As a DVC owner, this devalues my property, so I am not pleased. 

I suppose if there's a glimmer of hope, it's that DVC might start adding more owner perks to encourage developer sales. Resale owners who are grandfathered in might receive those new benefits as well.

But overall, a very unwelcome change.


----------



## joanncanary

*end date*

With all of these changes, one thing Disney has not changed is that each resort membership has an end date. Other timeshares like Wyndham are life long memberships. I was an original owner of DVC when there was only one resort, yes got the free tickets for 8 years but had to sell when college for my daughter was a priority. I was then able to buy a smaller resale contract and I still love DVC but receiving that letter really turned my stomach and I told my husband that I will not go to Disney next year and I never miss my yearly Disney trip... Yes I am grandfathered in but I am very disappointed with Disney, they were the best that you could ever have and I have gotten so many others to join but now they are like all others. I enjoy using my wyndham points and trading in to extend my time of happiness and they were a fraction of the cost. Don't get me wrong, there is nothing like owning Disney points I could never live without them again but the spirit of Disney is faltering and I am sad.


----------



## freediverdude

All of this makes me wonder if Disney is getting ready to announce some really big perk, one that they will only be able to afford to give to current owners and people paying the new direct pricing.  Or they feel like they have to try to limit the number of people going to some of the events in the future, because the membership keeps growing.


----------



## icydog

SueDonJ said:


> DVC and all the other timeshare systems walk a fine line when devaluing external resales to the extent that their direct sales don't suffer for it.  IMO their direct sales are helped by restricting ancillary discounts, but they'd be just as hurt as you if they severely restrict external resales.
> 
> Taking AP and other discounts away from resale purchasers, that's a carrot dangling in front of a could-be direct purchaser that impacts existing owners only slightly.  Restricting external resales to home resort usage only, that's a punishment that depresses any and all external market activity to the severe detriment of DVC as well as every owner.  It would leave DVC in the position that they'd have to take back every non-performing contract or risk the resorts falling into disrepair and arrears, because owners who won't want them anymore - or won't be able to afford them anymore - will have no way to unload them.  Eventually that would lead to more and more owners wanting to get out because the added costs of the non-performers will be on their shoulders, at which time DVC will have no choice but to supplement the non-performers or disconnect from the resort.  They don't want either scenario to happen.
> 
> Buying Vero as an exchanger in order to save money is rather short-sighted, isn't it, considering the annual MF cost for Vero is so much more than the others?  I wouldn't think that too many savvy purchasers, which external resale purchasers usually are, would be doing that.

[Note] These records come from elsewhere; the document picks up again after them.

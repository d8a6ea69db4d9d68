//! What patterns test, and where their variables are found.
ghost use Rattle.std.specs.Prelude.{◌≡◌, ◌+◌, ◌++◌, [], length, map, option_to_list, OnOk, IfOk};
ghost use Rattle.box_costs.specs.Bounds.{built_pattern, built_patterns};
ghost use Rattle.box_code.specs.Paths.{tests_at, spots_at, of_fields, of_words, tests_from, spots_from, root};

use crate::counts::{count, plus};
use crate::spots::{Spot, Test};
use hume_base::List;
use hume_model::{InPat, PatC};
use std::alloc::{AllocError, Global};

/// The tests of patterns, and where the words of their variables are.
#[derive(Drop)]
pub(crate) struct Found {
    pub(crate) tests: List<Test>,
    pub(crate) spots: List<Spot>,
}

/// Those of patterns whose values are the words from the bottom of the frame on.
#[tactic(auto, using(crate::proofs::Patterns::pattern_steps))]
pub(crate) fn found_in_words(alloc: Global, pats: &[PatC]) -> Result<Found, AllocError>
    ensures { IfOk result (λ found. (found.tests ≡ tests_from pats.now 0) × (found.spots ≡ spots_from pats.now 0)) }
{
    let mut found = nothing(alloc);
    let count = count(pats.len())?;
    for i in 0..count {
        find(alloc, &pats[i as usize], Spot::root(alloc, i), &mut found)?;
    }
    Ok(found)
}

/// Those of a pattern whose value is the word at a place.
pub(crate) fn found_at(alloc: Global, pat: &PatC, place: u32) -> Result<Found, AllocError>
    ensures { IfOk result (λ found. (found.tests ≡ tests_at pat.now (root place)) × (found.spots ≡ spots_at pat.now (root place))) }
{
    let mut found = nothing(alloc);
    find(alloc, pat, Spot::root(alloc, place), &mut found)?;
    Ok(found)
}

pub(crate) fn nothing(alloc: Global) -> Found
    ensures { (result.tests ≡ []) × (result.spots ≡ []) }
{
    Found {
        tests: List::new(alloc),
        spots: List::new(alloc),
    }
}

/// Adds those of a pattern whose value is at the spot.
#[cycle(find)]
#[tactic(auto, using(crate::proofs::Patterns::pattern_steps))]
pub(crate) fn find(
    alloc: Global,
    pat: &PatC,
    spot: Spot,
    found: &mut Found,
) -> Result<(), AllocError>
    ensures tests { OnOk result (found.new.tests ≡ found.old.tests ++ tests_at pat.now spot) }
    ensures spots { OnOk result (found.new.spots ≡ found.old.spots ++ spots_at pat.now spot) }
{
    match pat {
        PatC::Var => found.spots.push(spot),
        PatC::Any => Ok(()),
        PatC::Word(word) => found.tests.push(Test::word(spot, *word)),
        PatC::Con(tag, parts) => {
            let head = spot.copy(alloc)?;
            found.tests.push(Test::tag(head, *tag))?;
            find_in_fields(alloc, parts.as_slice(), &spot, found)
        }
        PatC::Tuple(parts) => find_in_fields(alloc, parts.as_slice(), &spot, found),
    }
}

#[cycle(find)]
#[tactic(auto, using(crate::proofs::Patterns::pattern_steps))]
fn find_in_fields(
    alloc: Global,
    parts: &[PatC],
    spot: &Spot,
    found: &mut Found,
) -> Result<(), AllocError>
    ensures tests { OnOk result (found.new.tests ≡ found.old.tests ++ of_fields (map tests_at parts.now) spot.now 0) }
    ensures spots { OnOk result (found.new.spots ≡ found.old.spots ++ of_fields (map spots_at parts.now) spot.now 0) }
{
    let count = count(parts.len())?;
    for i in 0..count {
        find(alloc, &parts[i as usize], spot.field(alloc, i)?, found)?;
    }
    Ok(())
}

/// How many patterns of a rule build their inputs, and what is found in those.
#[derive(Drop)]
pub(crate) struct Built {
    pub(crate) count: u32,
    pub(crate) found: Found,
}

/// What is found where the inputs that are built are the words from the bottom of the frame on.
pub(crate) fn find_in_rule(alloc: Global, pats: &[InPat]) -> Result<Built, AllocError>
    ensures count { IfOk result (λ built. built.count ≡ length (built_patterns pats.now)) }
    ensures spots { IfOk result (λ built. built.found.spots ≡ spots_from (built_patterns pats.now) 0) }
{
    let mut built = Built {
        count: 0,
        found: nothing(alloc),
    };
    for pat in pats {
        find_in_position(alloc, pat, &mut built)?;
    }
    Ok(built)
}

fn find_in_position(alloc: Global, pat: &InPat, built: &mut Built) -> Result<(), AllocError>
    ensures count { OnOk result (built.new.count ≡ built.old.count + length (option_to_list (built_pattern pat.now))) }
    ensures spots { OnOk result (built.new.found.spots ≡ built.old.found.spots ++ spots_from (option_to_list (built_pattern pat.now)) built.old.count) }
{
    match pat {
        InPat::Star => Ok(()),
        InPat::AnyStar => Ok(()),
        InPat::Any => Ok(()),
        InPat::Built(pattern) => {
            find(
                alloc,
                pattern,
                Spot::root(alloc, built.count),
                &mut built.found,
            )?;
            built.count = plus(built.count, 1)?;
            Ok(())
        }
    }
}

I once owned a Vero contract. The cost per point in MFs made it an untenable choice for Disney Vacation Club points. So no that is not a good option. 



Lisa P said:


> Hm.  True, no discounts on park passes back then... because DVC gave FREE park tickets to DVC members who were staying on points at DVC resorts until year 2000.  :rofl:  Oh how times have changed.  Back then, DVC would not even use the word "timeshare" and they marketed the company brilliantly, effectively distancing themselves from the rest of the industry.  But that was then.
> Also true... and it's good advice to anyone considering any timeshare purchase to only count on what's in writing.
> 
> However, the argument that benefits come and go, is not what this is about.  The difference here is that those benefits *will now* only come and go for *some* members/owners.  And because of this... you no longer have points that could potentially be sold in the same way that you had last week.  When you bought, you were not informed that you would not be able to resell your membership as an equivalent membership in benefit availability to other DVC memberships.  You were simply told that your points could be rented, sold, or willed to heirs... with the implication being that a potential buyer would see equivalent value between your points and DVC's "new" points from the same home resort.
> 
> If you never sell, you may not care that DVC has devalued your membership's monetary value and ease of resell.  But others here have good reason to see this as a greedy business practice:  It exclusively *helps* Disney's bottom line while it exclusively *hurts* DVC members' bottom line (when/if they eventually opt to sell their points).  Just because so many other timeshare companies have done this same thing in the last decade or so, and Disney is late to the party, doesn't make such practice any less "sleazy".
> Perhaps.  And that's exactly what Cindy was suggesting... with this business decision, DVC has followed right along in the footsteps of other greedy timeshare companies.    When we sold our DVC points, it was not because of any of this.  We still enjoy occasional vacations at DVC resorts.  We may even buy back in, some day.  Who knows?
> 
> When Wyndham made our resale points ineligible for some benefits, it made no practical difference to us because we didn't care about those benefits and we don't plan to sell.  But we paid *a couple thousand dollars* for our first resale Wyndham/Fairfield contract back in the 1990's, when they were FairShare Plus points.  A couple years after Wyndham pulled benefits from these resale points, we were given a terrific Wyndham points contract for *FREE*, paying only closing costs.  In both cases, we bought contracts from original owners who had paid full developer retail price and lost money when they sold to us.  The sellers who resold to us after this policy change, lost thousands more than others!  Meanwhile, when this seller was losing so much more, Wyndham was increasing their developer sales and profits.
> 
> Now, we do still enjoy our Wyndham resort stays immensely.  We may even purchase more resale points because we like the resorts and the system overall very much.  But make no mistake, Wyndham devalued *ALL* of the contracts of Wyndham owners when they pulled benefits from resales.  And in the same way, Disney *has indeed devalued* what you and every other DVC member owns (and could resell).  We felt that this decision at Wyndham was greedy, if not outright sleazy.  I don't give Disney a pass, either. * It's just as bad... maybe worse when considering the kind of image of DVC that they've marketed all these years.  Just my opinion*.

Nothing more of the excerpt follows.